Jakarta, FORTUNE – Perusahaan yang tidak lagi bisa melangsungkan operasional usahanya karena gejolak keuangan kerap dianggap berisiko untuk mengalami pailit atau bangkrut. Namun, istilah pailit dan bangkrut sebenarnya memiliki perbedaan. Dengan begitu, kedua istilah tersebut tidak bisa digunakan secara sembarangan.
Pailit merujuk kepada proses ketika perusahaan yang memiliki utang atau debitur tengah dalam kondisi sulit untuk menyelesaikan kewajibannya kepada kreditur atau pemberi utang.
Di Indonesia, menurut Undang-Undang Nomor 37 Tahun 2004 tentang Kepailitan dan Penundaan Kewajiban, debitur yang diberikan status pailit ketika tidak sanggup melunasi dua ataupun lebih utang yang telah jatuh tempo.
Pada implementasinya, cuma pengadilan niaga yang bisa mengeluarkan putusan pailit. Suatu perusahaan yang dinyatakan pailit pun mesti menjual seluruh harta atau asetnya demi membayar kewajibannya kepada pemberi utang sesuai keputusan pengadilan, menurut laman OCBC NISP.

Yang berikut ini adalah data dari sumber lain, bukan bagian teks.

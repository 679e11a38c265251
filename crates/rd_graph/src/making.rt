//! The nodes that a merge makes.
ghost use Rattle.std.specs.Prelude.{◌≡◌, [], ◌++◌, ◌<◌, IfOk, OnOk, Some, length};
ghost use Rattle.rd_graph.specs.Internal.Chains.{before_place};
ghost use Rattle.rd_graph.specs.Internal.MadeNodes.{made_at, made_after};
ghost use Rattle.rd_graph.specs.Internal.Patching.{HasRoom};
ghost use Rattle.rd_graph.specs.Internal.Seen.{seen};

use crate::before::{Predecessors, nothing, one};
use crate::graph::Node;
use crate::runs::{Run, as_runs, line_room};
use rd_keys::EntryKey;
use std::alloc::{AllocError, Global};

/// What comes right before a place of the chain.
fn before_at(alloc: Global, chain: &[EntryKey], i: usize) -> Predecessors
    requires { i < length chain.now }
    ensures { result.items ≡ before_place chain.now (Some i) }
{
    if i == 0 {
        return nothing(alloc);
    }
    one(alloc, chain[i - 1])
}

/// The node of a name of the chain, if the name was not found.
fn push_made(
    alloc: Global,
    made: &mut Vec<Node>,
    chain: &[EntryKey],
    i: usize,
    key: EntryKey,
    found: Option<usize>,
) -> Result<(), AllocError>
    requires { i < length chain.now }
    ensures { OnOk result (seen made.new.items ≡ seen made.old.items ++ made_at chain.now i key found) }
{
    if found.is_some() {
        return Ok(());
    }
    let before = before_at(alloc, chain, i);
    made.push(Node { key, before })?;
    Ok(())
}

/// How many names were not found.
fn missing(found: &[Option<usize>]) -> usize {
    let mut count: usize = 0;
    for place in found {
        count = count.wrapping_add(usize::from(place.is_none()));
    }
    count
}

/// The nodes of the names of the chain that were not found, each after the name before it in the chain.
pub(crate) fn make(
    alloc: Global,
    chain: &[EntryKey],
    found: &[Option<usize>],
) -> Result<Vec<Node>, AllocError>
    requires { length found.now ≡ length chain.now }
    ensures { IfOk result (λ v. seen v.items ≡ made_after [] chain.now found.now) }
{
    let mut made = Vec::with_capacity(alloc, missing(found))?;
    for (i, key) in chain.iter().enumerate() {
        push_made(alloc, &mut made, chain, i, *key, found[i])?;
    }
    Ok(made)
}

/// Room for the nodes of a line.
pub(crate) fn room(alloc: Global, line: &Option<Vec<Run>>) -> Result<Vec<Node>, AllocError>
    ensures { IfOk result (λ r. HasRoom line.now r) }
{
    line_room(alloc, as_runs(line))
}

Mekanisme penentuan kepailitan pun dilakukan melalui pengadilan niaga. Permohonan terhadap status tersebut bisa disampaikan debitur maupun kreditur. Nantinya, kedua belah pihak akan dipanggil untuk menghadiri sidang dan akan diputuskan apakah benar terjadi pailit.
Dalam bahasa yang lebih sederhana, pailit adalah sebuah kondisi yang mana debitur mengalami kendala atau kesulitan untuk melunasi utangnya, dan dinyatakan pailit oleh pengadilan niaga, demikian situs web BFI Finance.